▶ _Directions_
Give back exactly the lines that run from the beginning of the entries to the line containing "fn is_full(rt: &impl", both included, and nothing else.

Dataset entries
+===+

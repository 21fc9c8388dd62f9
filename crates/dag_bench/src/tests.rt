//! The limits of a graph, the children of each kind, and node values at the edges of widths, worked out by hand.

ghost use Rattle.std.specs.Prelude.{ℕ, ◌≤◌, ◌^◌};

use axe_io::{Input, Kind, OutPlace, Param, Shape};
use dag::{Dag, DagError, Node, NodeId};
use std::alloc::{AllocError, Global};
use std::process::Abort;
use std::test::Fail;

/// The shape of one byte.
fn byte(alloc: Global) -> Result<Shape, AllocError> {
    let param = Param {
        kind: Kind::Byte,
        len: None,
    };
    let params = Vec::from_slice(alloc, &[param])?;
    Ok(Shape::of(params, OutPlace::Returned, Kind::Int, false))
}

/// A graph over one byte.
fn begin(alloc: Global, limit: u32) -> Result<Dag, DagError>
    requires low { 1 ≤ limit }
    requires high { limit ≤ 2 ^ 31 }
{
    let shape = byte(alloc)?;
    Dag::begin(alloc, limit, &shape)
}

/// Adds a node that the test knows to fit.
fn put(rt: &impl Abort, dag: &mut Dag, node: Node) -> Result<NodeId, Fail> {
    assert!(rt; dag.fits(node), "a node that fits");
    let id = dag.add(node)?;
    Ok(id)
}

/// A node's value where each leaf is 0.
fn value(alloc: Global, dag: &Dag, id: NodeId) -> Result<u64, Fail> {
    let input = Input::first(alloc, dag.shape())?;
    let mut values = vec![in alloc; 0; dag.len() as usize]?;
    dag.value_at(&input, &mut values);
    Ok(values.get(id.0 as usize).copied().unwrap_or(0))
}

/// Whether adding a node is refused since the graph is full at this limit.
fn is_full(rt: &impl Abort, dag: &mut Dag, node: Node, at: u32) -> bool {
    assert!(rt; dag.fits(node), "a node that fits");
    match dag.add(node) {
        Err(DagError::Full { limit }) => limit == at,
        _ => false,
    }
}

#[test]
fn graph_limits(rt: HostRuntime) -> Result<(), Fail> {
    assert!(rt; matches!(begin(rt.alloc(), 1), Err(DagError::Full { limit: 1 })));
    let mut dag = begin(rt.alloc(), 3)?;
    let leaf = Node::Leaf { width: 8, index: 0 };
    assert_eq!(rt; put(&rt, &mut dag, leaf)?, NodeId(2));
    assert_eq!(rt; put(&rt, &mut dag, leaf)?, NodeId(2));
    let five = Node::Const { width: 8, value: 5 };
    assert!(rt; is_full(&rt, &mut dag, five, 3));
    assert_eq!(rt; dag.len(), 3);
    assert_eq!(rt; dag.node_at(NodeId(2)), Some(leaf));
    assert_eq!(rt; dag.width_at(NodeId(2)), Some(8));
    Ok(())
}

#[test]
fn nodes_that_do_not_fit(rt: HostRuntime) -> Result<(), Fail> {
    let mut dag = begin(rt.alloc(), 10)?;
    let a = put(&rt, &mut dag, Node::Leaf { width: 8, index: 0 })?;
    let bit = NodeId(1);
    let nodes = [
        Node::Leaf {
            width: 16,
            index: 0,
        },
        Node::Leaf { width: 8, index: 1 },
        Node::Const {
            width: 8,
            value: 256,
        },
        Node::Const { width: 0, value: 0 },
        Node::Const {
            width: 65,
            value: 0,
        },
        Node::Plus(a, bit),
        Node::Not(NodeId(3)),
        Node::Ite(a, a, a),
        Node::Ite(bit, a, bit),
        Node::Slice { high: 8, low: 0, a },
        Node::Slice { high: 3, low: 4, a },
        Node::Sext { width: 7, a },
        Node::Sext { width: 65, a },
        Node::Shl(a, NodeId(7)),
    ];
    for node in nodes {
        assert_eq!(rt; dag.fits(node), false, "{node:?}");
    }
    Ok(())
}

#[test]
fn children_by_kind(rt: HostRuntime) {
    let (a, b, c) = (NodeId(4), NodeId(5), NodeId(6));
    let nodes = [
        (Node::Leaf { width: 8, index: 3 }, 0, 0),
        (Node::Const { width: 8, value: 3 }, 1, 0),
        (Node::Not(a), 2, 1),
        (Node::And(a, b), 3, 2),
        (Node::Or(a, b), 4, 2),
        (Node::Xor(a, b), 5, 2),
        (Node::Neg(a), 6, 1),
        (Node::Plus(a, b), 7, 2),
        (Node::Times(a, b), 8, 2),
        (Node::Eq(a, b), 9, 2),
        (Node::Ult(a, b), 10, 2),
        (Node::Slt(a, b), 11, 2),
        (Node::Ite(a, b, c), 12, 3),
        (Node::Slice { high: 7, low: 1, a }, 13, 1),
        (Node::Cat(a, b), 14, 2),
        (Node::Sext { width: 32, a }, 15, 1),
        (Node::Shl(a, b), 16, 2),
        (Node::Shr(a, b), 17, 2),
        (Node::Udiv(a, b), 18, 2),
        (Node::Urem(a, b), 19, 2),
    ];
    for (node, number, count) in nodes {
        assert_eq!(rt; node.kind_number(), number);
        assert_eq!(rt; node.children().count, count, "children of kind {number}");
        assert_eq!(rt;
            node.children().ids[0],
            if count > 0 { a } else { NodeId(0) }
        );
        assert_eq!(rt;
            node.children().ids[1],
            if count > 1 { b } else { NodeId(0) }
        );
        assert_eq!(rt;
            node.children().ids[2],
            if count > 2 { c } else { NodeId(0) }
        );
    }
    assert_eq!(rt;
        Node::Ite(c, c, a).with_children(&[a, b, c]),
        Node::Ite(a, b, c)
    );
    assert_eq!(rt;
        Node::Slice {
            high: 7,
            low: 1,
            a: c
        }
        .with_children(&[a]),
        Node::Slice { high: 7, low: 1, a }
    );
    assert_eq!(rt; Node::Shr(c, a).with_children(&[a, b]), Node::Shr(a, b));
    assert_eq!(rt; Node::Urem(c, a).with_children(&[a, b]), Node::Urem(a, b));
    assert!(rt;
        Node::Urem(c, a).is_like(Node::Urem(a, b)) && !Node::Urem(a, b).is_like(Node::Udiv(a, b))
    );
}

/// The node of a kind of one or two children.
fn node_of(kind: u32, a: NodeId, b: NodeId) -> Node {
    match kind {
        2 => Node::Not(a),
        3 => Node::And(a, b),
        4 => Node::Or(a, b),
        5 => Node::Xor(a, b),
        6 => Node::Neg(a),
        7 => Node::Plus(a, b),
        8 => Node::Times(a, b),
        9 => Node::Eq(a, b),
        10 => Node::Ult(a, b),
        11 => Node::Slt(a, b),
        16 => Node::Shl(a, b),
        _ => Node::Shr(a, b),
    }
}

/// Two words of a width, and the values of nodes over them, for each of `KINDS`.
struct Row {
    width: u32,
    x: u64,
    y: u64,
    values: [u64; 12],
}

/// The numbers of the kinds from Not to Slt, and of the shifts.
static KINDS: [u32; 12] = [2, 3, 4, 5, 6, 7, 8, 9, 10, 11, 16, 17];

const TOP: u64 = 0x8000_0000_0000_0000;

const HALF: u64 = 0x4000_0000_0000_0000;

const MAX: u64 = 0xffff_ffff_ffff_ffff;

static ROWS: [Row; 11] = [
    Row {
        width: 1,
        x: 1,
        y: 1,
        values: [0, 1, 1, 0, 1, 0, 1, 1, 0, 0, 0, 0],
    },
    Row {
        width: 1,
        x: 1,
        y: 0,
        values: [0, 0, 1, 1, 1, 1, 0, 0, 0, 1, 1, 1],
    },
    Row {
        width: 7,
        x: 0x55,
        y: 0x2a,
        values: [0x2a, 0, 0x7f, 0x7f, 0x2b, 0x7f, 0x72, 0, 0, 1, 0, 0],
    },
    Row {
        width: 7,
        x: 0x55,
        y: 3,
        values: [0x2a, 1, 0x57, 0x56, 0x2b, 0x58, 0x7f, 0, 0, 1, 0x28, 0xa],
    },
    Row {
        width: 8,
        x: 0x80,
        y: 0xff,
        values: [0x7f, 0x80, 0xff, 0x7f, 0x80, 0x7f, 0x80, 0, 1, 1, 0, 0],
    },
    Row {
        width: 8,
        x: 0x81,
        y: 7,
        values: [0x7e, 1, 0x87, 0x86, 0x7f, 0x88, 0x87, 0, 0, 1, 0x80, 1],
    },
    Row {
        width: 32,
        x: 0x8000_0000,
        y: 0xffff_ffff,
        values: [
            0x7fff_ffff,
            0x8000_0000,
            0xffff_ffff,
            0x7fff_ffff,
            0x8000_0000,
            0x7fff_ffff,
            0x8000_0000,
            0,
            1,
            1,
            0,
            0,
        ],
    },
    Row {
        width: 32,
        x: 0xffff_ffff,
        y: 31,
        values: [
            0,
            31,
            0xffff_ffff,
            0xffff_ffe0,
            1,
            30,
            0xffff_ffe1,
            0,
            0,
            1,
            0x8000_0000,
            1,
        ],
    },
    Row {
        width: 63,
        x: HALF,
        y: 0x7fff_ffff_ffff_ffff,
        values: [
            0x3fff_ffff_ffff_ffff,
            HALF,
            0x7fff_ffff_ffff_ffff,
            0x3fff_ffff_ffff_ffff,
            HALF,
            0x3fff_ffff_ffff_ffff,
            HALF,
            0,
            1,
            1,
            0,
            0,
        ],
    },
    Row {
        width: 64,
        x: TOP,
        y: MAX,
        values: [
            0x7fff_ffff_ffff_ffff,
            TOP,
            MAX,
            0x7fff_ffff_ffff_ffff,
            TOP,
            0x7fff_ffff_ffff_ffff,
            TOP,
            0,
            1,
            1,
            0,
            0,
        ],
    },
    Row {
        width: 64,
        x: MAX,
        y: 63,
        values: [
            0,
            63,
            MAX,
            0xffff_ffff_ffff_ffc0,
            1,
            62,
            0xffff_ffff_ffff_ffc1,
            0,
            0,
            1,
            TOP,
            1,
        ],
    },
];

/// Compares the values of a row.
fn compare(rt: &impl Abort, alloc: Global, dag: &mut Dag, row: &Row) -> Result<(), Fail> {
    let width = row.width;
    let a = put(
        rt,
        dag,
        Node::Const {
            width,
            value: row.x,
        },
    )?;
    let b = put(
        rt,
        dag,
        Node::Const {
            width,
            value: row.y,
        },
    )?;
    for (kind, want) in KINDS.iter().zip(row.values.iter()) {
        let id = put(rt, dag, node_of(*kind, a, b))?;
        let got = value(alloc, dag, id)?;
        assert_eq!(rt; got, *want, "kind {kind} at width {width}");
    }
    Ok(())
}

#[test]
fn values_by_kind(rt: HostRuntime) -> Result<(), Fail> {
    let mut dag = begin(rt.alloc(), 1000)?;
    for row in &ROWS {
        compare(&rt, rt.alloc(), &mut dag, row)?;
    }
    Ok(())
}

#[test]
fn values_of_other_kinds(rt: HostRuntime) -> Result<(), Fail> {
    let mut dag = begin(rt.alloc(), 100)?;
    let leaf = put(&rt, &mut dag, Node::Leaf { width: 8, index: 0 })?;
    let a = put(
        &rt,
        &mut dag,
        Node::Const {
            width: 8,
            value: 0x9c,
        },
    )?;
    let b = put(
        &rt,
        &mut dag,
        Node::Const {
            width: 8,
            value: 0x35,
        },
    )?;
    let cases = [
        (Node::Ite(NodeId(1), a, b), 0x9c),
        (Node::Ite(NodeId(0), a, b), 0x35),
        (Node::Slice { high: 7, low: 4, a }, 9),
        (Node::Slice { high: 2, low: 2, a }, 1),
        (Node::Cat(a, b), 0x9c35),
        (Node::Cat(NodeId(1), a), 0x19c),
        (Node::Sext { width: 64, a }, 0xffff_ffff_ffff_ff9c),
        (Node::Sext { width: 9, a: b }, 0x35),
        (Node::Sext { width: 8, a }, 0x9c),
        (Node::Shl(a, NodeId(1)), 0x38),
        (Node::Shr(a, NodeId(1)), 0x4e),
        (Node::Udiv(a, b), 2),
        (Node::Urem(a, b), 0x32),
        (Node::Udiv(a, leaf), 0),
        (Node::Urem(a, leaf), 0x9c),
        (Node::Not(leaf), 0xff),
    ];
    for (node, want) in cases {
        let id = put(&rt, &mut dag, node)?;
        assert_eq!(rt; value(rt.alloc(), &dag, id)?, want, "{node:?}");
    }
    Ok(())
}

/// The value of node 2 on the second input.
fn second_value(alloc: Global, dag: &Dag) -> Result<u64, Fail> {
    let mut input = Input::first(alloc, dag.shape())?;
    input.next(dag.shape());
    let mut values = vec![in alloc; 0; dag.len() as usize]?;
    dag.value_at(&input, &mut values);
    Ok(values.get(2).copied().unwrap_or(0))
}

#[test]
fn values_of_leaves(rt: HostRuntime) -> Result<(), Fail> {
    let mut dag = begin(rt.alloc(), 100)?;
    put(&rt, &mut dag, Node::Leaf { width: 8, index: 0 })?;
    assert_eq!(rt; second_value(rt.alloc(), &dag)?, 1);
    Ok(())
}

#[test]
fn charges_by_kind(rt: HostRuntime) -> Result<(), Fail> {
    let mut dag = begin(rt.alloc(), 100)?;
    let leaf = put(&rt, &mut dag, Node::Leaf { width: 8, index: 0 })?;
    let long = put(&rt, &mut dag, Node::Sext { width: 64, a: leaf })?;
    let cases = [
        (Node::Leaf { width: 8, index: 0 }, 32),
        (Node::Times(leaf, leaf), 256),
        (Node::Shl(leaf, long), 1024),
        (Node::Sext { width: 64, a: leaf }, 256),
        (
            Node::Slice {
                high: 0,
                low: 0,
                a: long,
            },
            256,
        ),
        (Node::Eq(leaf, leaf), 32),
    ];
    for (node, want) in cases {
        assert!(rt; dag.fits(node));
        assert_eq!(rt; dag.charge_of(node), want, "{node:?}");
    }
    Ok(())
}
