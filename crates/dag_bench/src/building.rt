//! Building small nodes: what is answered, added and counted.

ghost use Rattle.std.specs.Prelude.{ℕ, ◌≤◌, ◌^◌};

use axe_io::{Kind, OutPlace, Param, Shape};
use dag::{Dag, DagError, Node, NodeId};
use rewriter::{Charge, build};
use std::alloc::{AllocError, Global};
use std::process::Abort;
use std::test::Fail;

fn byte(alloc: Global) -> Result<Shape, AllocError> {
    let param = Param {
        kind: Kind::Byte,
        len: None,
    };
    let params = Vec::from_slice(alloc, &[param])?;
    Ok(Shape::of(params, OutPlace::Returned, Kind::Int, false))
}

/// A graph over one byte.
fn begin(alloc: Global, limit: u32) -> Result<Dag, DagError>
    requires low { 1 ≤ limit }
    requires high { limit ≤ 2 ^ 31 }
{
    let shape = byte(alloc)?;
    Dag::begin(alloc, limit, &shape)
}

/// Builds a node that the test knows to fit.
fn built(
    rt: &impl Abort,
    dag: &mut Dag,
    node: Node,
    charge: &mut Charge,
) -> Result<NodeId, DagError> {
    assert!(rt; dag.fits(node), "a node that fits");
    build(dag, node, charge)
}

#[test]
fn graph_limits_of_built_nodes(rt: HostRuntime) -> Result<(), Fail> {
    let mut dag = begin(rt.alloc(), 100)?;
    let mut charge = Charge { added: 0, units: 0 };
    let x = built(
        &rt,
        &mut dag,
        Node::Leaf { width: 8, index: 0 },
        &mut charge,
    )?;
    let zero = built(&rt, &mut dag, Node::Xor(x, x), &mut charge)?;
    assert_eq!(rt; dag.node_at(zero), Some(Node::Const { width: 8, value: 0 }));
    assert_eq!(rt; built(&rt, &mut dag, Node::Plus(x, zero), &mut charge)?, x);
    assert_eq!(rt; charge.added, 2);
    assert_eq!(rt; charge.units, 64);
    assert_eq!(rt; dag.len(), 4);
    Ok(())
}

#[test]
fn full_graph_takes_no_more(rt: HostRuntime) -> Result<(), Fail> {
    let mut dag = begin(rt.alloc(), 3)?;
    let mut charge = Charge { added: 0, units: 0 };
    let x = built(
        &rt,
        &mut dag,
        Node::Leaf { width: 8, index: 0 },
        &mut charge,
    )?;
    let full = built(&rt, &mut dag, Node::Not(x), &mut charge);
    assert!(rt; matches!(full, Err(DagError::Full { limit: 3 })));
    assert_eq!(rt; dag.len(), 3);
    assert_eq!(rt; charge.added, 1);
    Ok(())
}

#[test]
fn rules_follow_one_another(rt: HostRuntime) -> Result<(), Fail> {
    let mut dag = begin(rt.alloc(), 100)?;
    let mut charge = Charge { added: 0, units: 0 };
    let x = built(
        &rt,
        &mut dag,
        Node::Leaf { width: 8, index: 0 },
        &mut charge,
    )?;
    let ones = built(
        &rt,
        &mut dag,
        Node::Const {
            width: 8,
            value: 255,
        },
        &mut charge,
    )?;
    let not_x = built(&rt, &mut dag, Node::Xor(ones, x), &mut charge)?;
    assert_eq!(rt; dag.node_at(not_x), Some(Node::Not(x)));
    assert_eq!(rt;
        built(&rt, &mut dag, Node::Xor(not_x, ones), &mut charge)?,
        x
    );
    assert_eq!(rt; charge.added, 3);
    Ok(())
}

+===+

▶ _Problem solution_
repository 21fc9c8388dd62f9
filename crates/dag_bench/src/tests.rt
//! The limits of a graph, the children of each kind, and node values at the edges of widths, worked out by hand.

ghost use Rattle.std.specs.Prelude.{ℕ, ◌≤◌, ◌^◌};

use axe_io::{Input, Kind, OutPlace, Param, Shape};
use dag::{Dag, DagError, Node, NodeId};
use std::alloc::{AllocError, Global};
use std::process::Abort;
use std::test::Fail;

/// The shape of one byte.
fn byte(alloc: Global) -> Result<Shape, AllocError> {
    let param = Param {
        kind: Kind::Byte,
        len: None,
    };
    let params = Vec::from_slice(alloc, &[param])?;
    Ok(Shape::of(params, OutPlace::Returned, Kind::Int, false))
}

/// A graph over one byte.
fn begin(alloc: Global, limit: u32) -> Result<Dag, DagError>
    requires low { 1 ≤ limit }
    requires high { limit ≤ 2 ^ 31 }
{
    let shape = byte(alloc)?;
    Dag::begin(alloc, limit, &shape)
}

/// Adds a node that the test knows to fit.
fn put(rt: &impl Abort, dag: &mut Dag, node: Node) -> Result<NodeId, Fail> {
    assert!(rt; dag.fits(node), "a node that fits");
    let id = dag.add(node)?;
    Ok(id)
}

/// A node's value where each leaf is 0.
fn value(alloc: Global, dag: &Dag, id: NodeId) -> Result<u64, Fail> {
    let input = Input::first(alloc, dag.shape())?;
    let mut values = vec![in alloc; 0; dag.len() as usize]?;
    dag.value_at(&input, &mut values);
    Ok(values.get(id.0 as usize).copied().unwrap_or(0))
}

/// Whether adding a node is refused since the graph is full at this limit.
fn is_full(rt: &impl Abort, dag: &mut Dag, node: Node, at: u32) -> bool {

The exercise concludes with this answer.